#### DATA FOR THIS TASK:
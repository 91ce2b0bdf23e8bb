// A text read whole: it is counted, then its records are stored.
#![tactic(auto)]

ghost use Rattle.std.specs.Prelude.{◌≡◌, ◌≤◌, length};
ghost use Rattle.rules.specs.Line.{initial};
ghost use Rattle.rules.specs.Reading.{lines_of, read_from};
ghost use Rattle.rules.specs.Limits.{max_levels};
ghost use Rattle.rules.specs.Records.{read_lines, fresh_reading_by};
ghost use Rattle.rules.specs.Read.{filled_by, read_into};
ghost use Rattle.refusals.specs.Limits.{line_limits_of, limits_of};
ghost use Rattle.passes.specs.Passes.{Counted};
ghost use Rattle.reading.specs.Answers.{read_numbers};

use records::{Counts, Nowhere, Written};
use refusals::{Buffer, Limits, LineLimits, Refusal};
use tables::Tables;

// The records of a text that was counted, where both buffers hold them.
#[tactic(auto, using(crate::proofs::Fills::counts_small))]
fn store_records(
    tables: &Tables,
    text: &[u8],
    lines: &mut [u32],
    tokens: &mut [u32],
    limits: LineLimits,
    counts: Counts,
) -> Result<Counts, Refusal>
    requires text_len_bound { length text.now ≤ 1_048_576 }
    requires counted { Counted counts (read_from (line_limits_of limits) initial (lines_of text.now)) }
    ensures result_value { read_numbers result ≡ (filled_by lines.old tokens.old (read_lines (line_limits_of limits) text.now)).reply }
    ensures lines_after { lines.new ≡ (filled_by lines.old tokens.old (read_lines (line_limits_of limits) text.now)).lines }
    ensures tokens_after { tokens.new ≡ (filled_by lines.old tokens.old (read_lines (line_limits_of limits) text.now)).tokens }
{
    let line_words = records::LINE * (counts.lines + 1);
    if lines.len() < line_words {
        return Err(Refusal::Short(Buffer::Lines, line_words));
    }
    let token_words = records::TOKEN * counts.tokens;
    if tokens.len() < token_words {
        return Err(Refusal::Short(Buffer::Tokens, token_words));
    }
    let mut line_sink = Written::new(lines);
    let mut token_sink = Written::new(tokens);
    let _ = passes::pass_lines(tables, text, &mut line_sink, &mut token_sink, limits);
    Ok(counts)
}

// A text that passed tests 1 and 2: it is counted, then its records are stored.
fn read_lines(
    limits: LineLimits,
    text: &[u8],
    lines: &mut [u32],
    tokens: &mut [u32],
) -> Result<Counts, Refusal>
    requires { length text.now ≤ 1_048_576 }
    ensures result_value { read_numbers result ≡ (filled_by lines.old tokens.old (read_lines (line_limits_of limits) text.now)).reply }
    ensures lines_after { lines.new ≡ (filled_by lines.old tokens.old (read_lines (line_limits_of limits) text.now)).lines }
    ensures tokens_after { tokens.new ≡ (filled_by lines.old tokens.old (read_lines (line_limits_of limits) text.now)).tokens }
{
    let tables = Tables::new();
    let counts = passes::pass_lines(&tables, text, &mut Nowhere, &mut Nowhere, limits)?;
    store_records(&tables, text, lines, tokens, limits, counts)
}

// A text by itself, under given limits: its records at the front of the lent buffers, and how many bytes, lines and tokens it has; or a refusal
// that leaves the buffers untouched: why the text does not read, or 5 for one of the two buffers.
#[tactic(auto, using(refusals::proofs::Tests::fresh_refused, refusals::proofs::Tests::fresh_passed, refusals::proofs::Tests::passed_short), unfolding(rules::specs::Read::filled_by))]
pub fn read_within(
    limits: Limits,
    text: &[u8],
    lines: &mut [u32],
    tokens: &mut [u32],
) -> Result<Counts, Refusal>
    requires { (limits.bytes ≤ 1_048_576) × (limits.levels ≤ max_levels) }
    ensures result_value { read_numbers result ≡ (filled_by lines.old tokens.old (fresh_reading_by (limits_of limits) text.now)).reply }
    ensures lines_after { lines.new ≡ (filled_by lines.old tokens.old (fresh_reading_by (limits_of limits) text.now)).lines }
    ensures tokens_after { tokens.new ≡ (filled_by lines.old tokens.old (fresh_reading_by (limits_of limits) text.now)).tokens }
{
    refusals::test_text(limits, text)?;
    read_lines(limits.line(), text, lines, tokens)
}

// The same under the barge's limits.
#[tactic(auto, unfolding(rules::specs::Read::read_into, rules::specs::Records::fresh_reading))]
pub fn read(text: &[u8], lines: &mut [u32], tokens: &mut [u32]) -> Result<Counts, Refusal>
    ensures result_value { read_numbers result ≡ (read_into text.now lines.old tokens.old).reply }
    ensures lines_after { lines.new ≡ (read_into text.now lines.old tokens.old).lines }
    ensures tokens_after { tokens.new ≡ (read_into text.now lines.old tokens.old).tokens }
{
    read_within(refusals::barge_limits(), text, lines, tokens)
}
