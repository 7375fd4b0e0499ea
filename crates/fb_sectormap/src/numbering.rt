// How sectors are numbered: zone by zone, and in each zone cylinder by cylinder.
ghost use Rattle.std.specs.Prelude.{◌≡◌, ◌+◌, ◌-◌, ◌*◌, ◌/◌, ◌%◌, ◌^◌, ◌<◌, ◌≤◌};

// The first sector of a zone, and how many sectors each of its cylinders has.
#[derive(Clone, Copy)]
pub struct ZoneStart {
    // The first cylinder of the zone.
    pub cylinder: u32,
    // The first sector on it.
    pub lbn: u64,
    // The number of sectors of each cylinder of the zone.
    pub cylinder_sectors: u32,
}

// A sector, named by its cylinder and by how many of the cylinder's sectors come before it.
#[derive(Clone, Copy)]
pub struct CylinderSector {
    // The cylinder.
    pub cylinder: u32,
    // Which of its sectors it is, counted from 0.
    pub sector: u32,
}

impl ZoneStart {
    // The first sector of a cylinder of the zone, or of the cylinder behind it.
    pub fn first_of(&self, cylinder: u32) -> u64
        requires from { self.now.cylinder ≤ cylinder }
        requires few { self.now.lbn + (cylinder - self.now.cylinder) * self.now.cylinder_sectors ≤ 10 ^ 12 }
        ensures { result ≡ self.now.lbn + (cylinder - self.now.cylinder) * self.now.cylinder_sectors }
    {
        self.lbn + (cylinder - self.cylinder) as u64 * self.cylinder_sectors as u64
    }

    // The cylinder of a sector of the zone, and which of the cylinder's sectors it is.
    pub fn sector(&self, lbn: u64) -> CylinderSector
        requires from { self.now.lbn ≤ lbn }
        requires some { 0 < self.now.cylinder_sectors }
        requires few { self.now.cylinder + (lbn - self.now.lbn) / self.now.cylinder_sectors ≤ 10 ^ 6 }
        ensures cylinder { result.cylinder ≡ self.now.cylinder + (lbn - self.now.lbn) / self.now.cylinder_sectors }
        ensures sector { result.sector ≡ (lbn - self.now.lbn) % self.now.cylinder_sectors }
    {
        let behind = lbn - self.lbn;
        let sectors = self.cylinder_sectors as u64;
        CylinderSector {
            cylinder: self.cylinder + (behind / sectors) as u32,
            sector: (behind % sectors) as u32,
        }
    }
}
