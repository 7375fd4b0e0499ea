// How sectors that follow one another on a track pass under the head.
ghost use Rattle.std.specs.Prelude.{◌≡◌, ◌+◌, ◌%◌, ◌^◌, ◌<◌, ◌≤◌};
ghost use Rattle.fb_units.specs.Wait.{wait};
ghost use Rattle.fb_geometry.specs.Shape.{slots_at, IsTrackOf};
ghost use Rattle.fb_sectormap.specs.Sweeps.{swept};

use crate::SectorMap;
use fb_units::{Ns, Place, Sweep};

// How long the platter turns from an angle until it next stands at another, a whole rotation where
// they are the same. Times and angles are in ns.
#[tactic(auto, using(crate::proofs::Sweeping::turned_ahead, crate::proofs::Sweeping::turned_over))]
fn turned(rotation: Ns, from: Ns, to: Ns) -> Ns
    requires from { from < rotation }
    requires to { to ≤ rotation }
    requires short { rotation < 2 ^ 32 }
    ensures value { result ≡ 1 + wait rotation (to % rotation) (from + 1) }
    ensures short { result ≤ rotation }
{
    if from < to {
        to - from
    } else {
        to + rotation - from
    }
}

impl SectorMap {
    // How the sectors from a first place to a last one pass.
    pub(crate) fn swept(&self, first: Place, last: Place) -> Sweep
        requires first { IsTrackOf self.now first.track }
        requires first_slot { first.slot < slots_at self.now.zones first.track.cylinder }
        requires last { IsTrackOf self.now last.track }
        requires last_slot { last.slot < slots_at self.now.zones last.track.cylinder }
        ensures { result ≡ swept self.now first last }
    {
        let geometry = self.geometry();
        let rotation = geometry.rotation();
        let begin = geometry.slot_begin(first.track, first.slot);
        let end = geometry.slot_end(last.track, last.slot);
        Sweep {
            begin: begin as u32,
            length: turned(rotation, begin, end) as u32,
        }
    }
}
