//! LBNs: where each sector of a disk is, which sector a place holds, and how a range of sectors is
//! cut into blocks.
//!
//! The layers above may rely on this: `place` and `lbn_at` are inverse to each other, over one list
//! of all places that hold data; LBNs rise with the cylinder; the cutting of a range is one
//! definition, and each block passes whole within one rotation. So they work with LBNs alone, and
//! ask nobody for zones, spares or defects. Only `SectorMap::new` allocates. Nothing here knows of
//! instants.
#![tactic(auto)]

mod cut;
mod map;
mod numbering;
mod run;
mod span;
mod sweep;
mod worked;

pub use cut::Cut;
pub use map::SectorMap;
pub use run::CylinderRun;
pub use span::Span;
pub use worked::small_disks;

#### TASK DIRECTIONS:
From the data above, reproduce word for word the lines running from the line with "self.now.lbn ≤ lbn" to the line with "let sectors = self.cylinder_sectors", ends included.

#### FINISHED TASK:
        requires from { self.now.lbn ≤ lbn }
        requires some { 0 < self.now.cylinder_sectors }
        requires few { self.now.cylinder + (lbn - self.now.lbn) / self.now.cylinder_sectors ≤ 10 ^ 6 }
        ensures cylinder { result.cylinder ≡ self.now.cylinder + (lbn - self.now.lbn) / self.now.cylinder_sectors }
        ensures sector { result.sector ≡ (lbn - self.now.lbn) % self.now.cylinder_sectors }
    {
        let behind = lbn - self.lbn;
        let sectors = self.cylinder_sectors as u64;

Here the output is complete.